Escribía Guillermo Cabrera Infante en Cine o sardina, o tal vez en Arcadia todas las noches, o tal vez, después de todo, no lo escribiera Cabrera Infante, que Sopa de ganso, la célebre película de los hermanos Marx, sólo tuvo un espectador en Italia; alguien influyente, ya que prohibió que cualquier otro italiano la viese. Un tal Benito Mussolini.

En La broma, de Milan Kundera, un joven comunista checoslovaco pretende tomarle el pelo a una chica tonta con una nota sarcástica sobre Lenin y Stalin, pero su sentido del humor no es entendido por sus compañeros de universidad y de partido y acaba condenado a trabajos forzados en una ciudad minera.

De ambos ejemplos puede extraerse que humor y poder no suelen llevarse bien y cuanto más alto el poder, peor. Tal vez porque el humor, que no la bufonada, nos hace reír al descubrirnos que las cosas y órdenes establecidos no son en verdad lo que nos dicen que son o debieran ser. Curzio Malaparte dio una definición brillante de lo que es un estado totalitario: aquel donde todo lo que no está prohibido es obligatorio. ¿Cómo va a tolerar entonces algo que pone en duda las prohibiciones y las obligaciones?

He diferenciado a propósito el humor de las bufonadas porque los bufones, al estar a sueldo de los reyes, no acostumbran a poner en juego su pan y su jergón. De ahí que nuestros políticos hayan tomado la grotesca costumbre de reírse a carcajadas de las burdas imitaciones que los bufones modernos les hacen por la tele, ya que burlarse de un acento, un rasgo físico o un gesto es tolerable, pues distrae del verdadero blanco sobre el que dispararía el humor.

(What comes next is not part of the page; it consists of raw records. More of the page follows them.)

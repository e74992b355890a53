//! Laws on the text of a live run: a schedule that is written out reads back as its catalog and its events; and what a live script declares, and what the merge of
//! histories comes to, may be written so. The functions do nothing: each states a law.
#![tactic(auto)]

ghost use Rattle.std.specs.Prelude.{◌≡◌, ℕ, ◌<◌, List, All, length};
ghost use Rattle.pv_base.specs.Catalog.{Declared};
ghost use Rattle.pv_law_histories.specs.Fitting.{history_of};
ghost use Rattle.pv_law_histories.specs.History.{Stamped};
ghost use Rattle.pv_law_histories.specs.Merge.{Moment, IsMerge, events_of_merge};
ghost use Rattle.pv_law_passing.specs.Asking.{asked_by};
ghost use Rattle.pv_model.specs.Events.{Event, Schedule};
ghost use Rattle.pv_model.specs.LiveScript.{LiveScript};
ghost use Rattle.pv_model.specs.Schedule.{IsLiveScript, IsSchedule};
ghost use Rattle.pv_transcript.specs.ScheduleText.{schedule_text};
ghost use Rattle.pv_transcript.specs.Transcript.{with_reports};
ghost use Rattle.pv_law_transcript.specs.Merged.{HasWrittenNumber, IsWrittenIntake};
ghost use Rattle.pv_law_transcript.specs.Written.{AreWritten, IsWritten, IsWrittenRequest, IsWrittenWish};

/// A schedule that is written out, where its lines can be written, is a schedule of this catalog and these events, and so of no others (a text says one schedule:
/// pv_law_schedules).
pub fn written_schedule_reads_back()
    ensures { (schedule : Schedule) → IsWritten schedule.catalog → AreWritten schedule.catalog schedule.events → IsSchedule (schedule_text schedule.catalog schedule.events) schedule }
{}

/// The catalog of a live script can be written as the first lines of a schedule, and each request of its clients as a line.
pub fn live_scripts_can_be_written()
    ensures catalog { (text : List ℕ) (script : LiveScript) → IsLiveScript text script → IsWritten script.catalog }
    ensures requests { (text : List ℕ) (script : LiveScript) → IsLiveScript text script →
        All (λ client. All (IsWrittenWish script.catalog) client.requests) script.clients }
{}

/// If all requests of each client that stand in a history can be written as lines of a schedule, so can all entries of the history that are requests.
pub fn standing_requests_can_be_written()
    ensures { (catalog : Declared) (history : List Stamped) → ((client : ℕ) → All (λ asked. IsWrittenRequest catalog asked.query asked.text asked.program) (asked_by client history)) →
        All (λ entry. IsWrittenIntake catalog entry.intake) history }
{}

/// Each event of the merge of histories, and the reports behind them, can be written as a line of a schedule, if the requests can, and if the numbers of messages are
/// below 2^64.
pub fn merged_events_can_be_written()
    ensures { (catalog : Declared) (histories : List (List Stamped)) (moments : List Moment) → length histories ≡ catalog.sites → IsMerge histories moments →
        ((n : ℕ) → n < length histories → All (λ entry. IsWrittenIntake catalog entry.intake) (history_of histories n)) →
        All HasWrittenNumber (events_of_merge moments) → AreWritten catalog (with_reports (events_of_merge moments)) }
{}
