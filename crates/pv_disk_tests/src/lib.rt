//! The tests of pv_disk.
#![tactic(auto)]

#[cfg(test)]
mod tests;
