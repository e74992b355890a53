//! What polydb's sites do, as plain data: a site's records and the values that they show, its step for each input, the world
//! of all sites, its runs, and what they print. It holds definitions alone, in `specs/`.
#![tactic(auto)]
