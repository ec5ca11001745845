ghost use Rattle.std.specs.Prelude.{◌≡◌, ℕ, ◌∷◌, [], None, Some, false, true};
ghost use Rattle.vc_dtdisc.specs.Shapes.{rules_of};
ghost use Rattle.vc_dict.specs.Changes.{behind_current, before_current, current_without, order_by_link, order_without};
ghost use Rattle.vc_dict.specs.Orders.{dropped_by, kept_by, ordered_by};
ghost use Rattle.vc_dict.specs.Rows.{three};
ghost use Rattle.vc_dict.specs.Methods.{slots_between, wanted_by};

use vc_base::DictMethod;
use vc_dtdisc::Shape;

/// Where lists put an object: before the current one or behind it, and at an end with none.
pub fn list_rows()
    ensures before { before_current 7 9 (5 ∷ 7 ∷ 8 ∷ []) ≡ 5 ∷ 9 ∷ 7 ∷ 8 ∷ [] }
    ensures front { before_current 0 9 (5 ∷ 7 ∷ []) ≡ 9 ∷ 5 ∷ 7 ∷ [] }
    ensures behind { behind_current 7 9 (5 ∷ 7 ∷ 8 ∷ []) ≡ 5 ∷ 7 ∷ 9 ∷ 8 ∷ [] }
    ensures end { behind_current 0 9 (5 ∷ 7 ∷ []) ≡ 5 ∷ 7 ∷ 9 ∷ [] }
{}

/// What is left, and which one is current then.
pub fn remove_rows()
    ensures left { order_without (Some 7) (5 ∷ 7 ∷ 8 ∷ []) ≡ 5 ∷ 8 ∷ [] }
    ensures nothing { order_without None (5 ∷ 7 ∷ []) ≡ 5 ∷ 7 ∷ [] }
    ensures behind { current_without (Some 7) 7 (5 ∷ 7 ∷ 8 ∷ []) ≡ 8 }
    ensures last { current_without (Some 8) 8 (5 ∷ 7 ∷ 8 ∷ []) ≡ 0 }
    ensures another { current_without (Some 5) 7 (5 ∷ 7 ∷ 8 ∷ []) ≡ 7 }
    ensures none { current_without None 7 (5 ∷ 7 ∷ 8 ∷ []) ≡ 7 }
{}

/// Which methods want a table, and which changes of method do.
pub fn table_rows()
    ensures set { wanted_by DictMethod.DtSet 16 32 1 ≡ Some 32 }
    ensures list { wanted_by DictMethod.DtList 0 32 1 ≡ None }
    ensures to_bag { slots_between DictMethod.DtList DictMethod.DtBag 33 ≡ Some 32 }
    ensures from_set { slots_between DictMethod.DtSet DictMethod.DtBag 33 ≡ None }
    ensures to_oset { slots_between DictMethod.DtSet DictMethod.DtOset 33 ≡ None }
{}

/// Where each method puts the holder of B, by keys without regard to case, among those of b and a.
pub fn insert_rows()
    ensures set { order_by_link false DictMethod.DtSet (rules_of Shape.Fold) three 0 3 (1 ∷ 2 ∷ [])
        ≡ 1 ∷ 2 ∷ 3 ∷ [] }
    ensures obag { order_by_link false DictMethod.DtObag (rules_of Shape.Fold) three 0 3 (2 ∷ 1 ∷ [])
        ≡ 2 ∷ 1 ∷ 3 ∷ [] }
    ensures oset { order_by_link false DictMethod.DtOset (rules_of Shape.Whole) three 0 3 (2 ∷ 1 ∷ [])
        ≡ 3 ∷ 2 ∷ 1 ∷ [] }
    ensures list { order_by_link false DictMethod.DtList (rules_of Shape.Fold) three 2 3 (1 ∷ 2 ∷ [])
        ≡ 1 ∷ 3 ∷ 2 ∷ [] }
    ensures append { order_by_link true DictMethod.DtList (rules_of Shape.Fold) three 1 3 (1 ∷ 2 ∷ [])
        ≡ 1 ∷ 3 ∷ 2 ∷ [] }
    ensures stack { order_by_link false DictMethod.DtStack (rules_of Shape.Fold) three 1 3 (1 ∷ 2 ∷ [])
        ≡ 3 ∷ 1 ∷ 2 ∷ [] }
    ensures queue { order_by_link false DictMethod.DtQueue (rules_of Shape.Fold) three 1 3 (1 ∷ 2 ∷ [])
        ≡ 1 ∷ 2 ∷ 3 ∷ [] }
{}

/// The order that a method turns b, a and B into, by keys without regard to case, and what it keeps and drops.
pub fn order_rows()
    ensures sorted { ordered_by DictMethod.DtObag (rules_of Shape.Fold) three (1 ∷ 2 ∷ 3 ∷ [])
        ≡ 2 ∷ 1 ∷ 3 ∷ [] }
    ensures stable { ordered_by DictMethod.DtOset (rules_of Shape.Fold) three (3 ∷ 2 ∷ 1 ∷ [])
        ≡ 2 ∷ 3 ∷ 1 ∷ [] }
    ensures unsorted { ordered_by DictMethod.DtSet (rules_of Shape.Fold) three (1 ∷ 2 ∷ 3 ∷ [])
        ≡ 1 ∷ 2 ∷ 3 ∷ [] }
    ensures kept { kept_by DictMethod.DtSet (rules_of Shape.Fold) three (1 ∷ 2 ∷ 3 ∷ [])
        ≡ 1 ∷ 2 ∷ [] }
    ensures dropped { dropped_by DictMethod.DtSet (rules_of Shape.Fold) three (1 ∷ 2 ∷ 3 ∷ [])
        ≡ 3 ∷ [] }
    ensures bag { kept_by DictMethod.DtBag (rules_of Shape.Fold) three (1 ∷ 2 ∷ 3 ∷ [])
        ≡ 1 ∷ 2 ∷ 3 ∷ [] }
{}
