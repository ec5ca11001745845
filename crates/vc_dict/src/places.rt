ghost use Rattle.std.specs.Prelude.{◌≡◌, ◌≢◌, ℕ, List, Bool, false};
ghost use Rattle.vc_base.specs.Prelude.{Blocks, is_ordered};
ghost use Rattle.vc_dtdisc.specs.Rules.{Rules};
ghost use Rattle.vc_dtlist.specs.Linked.{CanAdd, IsIn, StandsFor, Turns, TurnsIn};
ghost use Rattle.vc_dtlist.specs.TableWrites.{ChangesIn};
ghost use Rattle.vc_dict.specs.Changes.{before_current, behind_current, order_by_insert, order_by_link};

use vc_base::{Addr, Cells, DictMethod};
use vc_dtlist::DtList;

// Puts a holder directly before one of the list, or first where none is named.
fn put_before<C: Cells>(list: &mut DtList, cells: &mut C, mark: Addr, at: Addr)
    requires list { CanAdd list.old (C.blocks cells.old) at.0 }
    requires mark { mark.0 ≢ 0 → IsIn list.old (C.blocks cells.old) mark.0 }
    ensures { TurnsIn C.blocks C.RestStays at.0 list.old cells.old list.new cells.new
        (before_current mark.0 at.0) }
{
    if mark == Addr::NONE {
        list.push_front(cells, at);
    } else {
        list.before(cells, mark, at);
    }
}

// Puts a holder directly behind one of the list, or last where none is named.
fn put_behind<C: Cells>(list: &mut DtList, cells: &mut C, mark: Addr, at: Addr)
    requires list { CanAdd list.old (C.blocks cells.old) at.0 }
    requires mark { mark.0 ≢ 0 → IsIn list.old (C.blocks cells.old) mark.0 }
    ensures { TurnsIn C.blocks C.RestStays at.0 list.old cells.old list.new cells.new
        (behind_current mark.0 at.0) }
{
    if mark == Addr::NONE {
        list.push_back(cells, at);
    } else {
        list.after(cells, mark, at);
    }
}

// Puts a holder where `insert` does, by a method without order of keys.
fn put<C: Cells>(list: &mut DtList, cells: &mut C, method: DictMethod, current: Addr, at: Addr)
    requires list { CanAdd list.old (C.blocks cells.old) at.0 }
    requires mark { current.0 ≢ 0 → IsIn list.old (C.blocks cells.old) current.0 }
    requires method { is_ordered method ≡ false }
    ensures { ChangesIn C.blocks C.RestStays cells.old cells.new
        (λ old new. (rules : Rules)
        → Turns at.0 list.old old list.new new (order_by_insert method rules old current.0 at.0)) }
{
    match method {
        DictMethod::DtList => put_before(list, cells, current, at),
        DictMethod::DtStack => list.push_front(cells, at),
        _ => list.push_back(cells, at),
    }
}

// Puts a holder where `insert` does, or `append`, by a method without order of keys.
pub(crate) fn put_linked<C: Cells>(
    list: &mut DtList,
    cells: &mut C,
    append: bool,
    method: DictMethod,
    current: Addr,
    at: Addr,
)
    requires list { CanAdd list.old (C.blocks cells.old) at.0 }
    requires mark { current.0 ≢ 0 → IsIn list.old (C.blocks cells.old) current.0 }
    requires method { is_ordered method ≡ false }
    ensures { ChangesIn C.blocks C.RestStays cells.old cells.new
        (λ old new. (rules : Rules)
        → Turns at.0 list.old old list.new new
        (order_by_link append method rules old current.0 at.0)) }
{
    if append {
        put_behind(list, cells, current, at);
    } else {
        put(list, cells, method, current, at);
    }
}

Pero tal vez, la relación que mejor ilustra cómo se llevan el humor y el poder es la de sir John Falstaff y el príncipe Hal, como nos muestra Shakespeare en Enrique IV, 1ª y 2ª parte -para quien no las haya leído o no desee esperar a que representen las obras en su ciudad siempre le queda la posibilidad de ver Campanadas a medianoche, de Orson Welles-. Es Harold Bloom el que insinúa que Falstaff es un maestro de humoristas, que en variada tipología y número lo acompañan por las tabernas y casas de putas de su época y que su alumno más brillante es el príncipe Hal, que ha decidido que Falstaff debe morir para que no oculte su propio brillo para cuando sea rey en Enrique V. Pero yo creo que en realidad Hal no desea aprender el arte del humor de Falstaff: el rey en el que se convertirá será pragmático, enérgico y preciso, capaz de invadir Francia si es necesario pero carecerá por completo de sentido del humor; Enrique V se toma muy en serio. Creo que lo que Hal hace al seguir a Falstaff es lo mismo que hacían los reyes con los venenos más comunes: tomar pequeñas dosis de manera repetida para volverse inmunes a sus efectos. Así, Hal prueba la desvergüenza, la burla del honor y el deber y el agudo sentido de lo ridículo que son los asuntos del mundo que con tanta elocuencia muestra Falstaff, sin que el príncipe, que lo intenta desde la primera escena, pueda vencer a esa elocuencia, en parte porque en ella reside la alegría de la vida, que Hal no parece tener: siempre lo encontramos más viejo

que Falstaff, aunque sus cuerpos nos digan lo contrario. Así, Falstaff no duda en calificar a Hal de loco, por su ambición de reinar y, por si no fuera suficiente, le lanza dardos tan demoledores como la frase que le dice cuando Hal pone peros al robo en Gad's Hill: nunca podrás ser digno de ser rey si no te atreves a participar en un robo.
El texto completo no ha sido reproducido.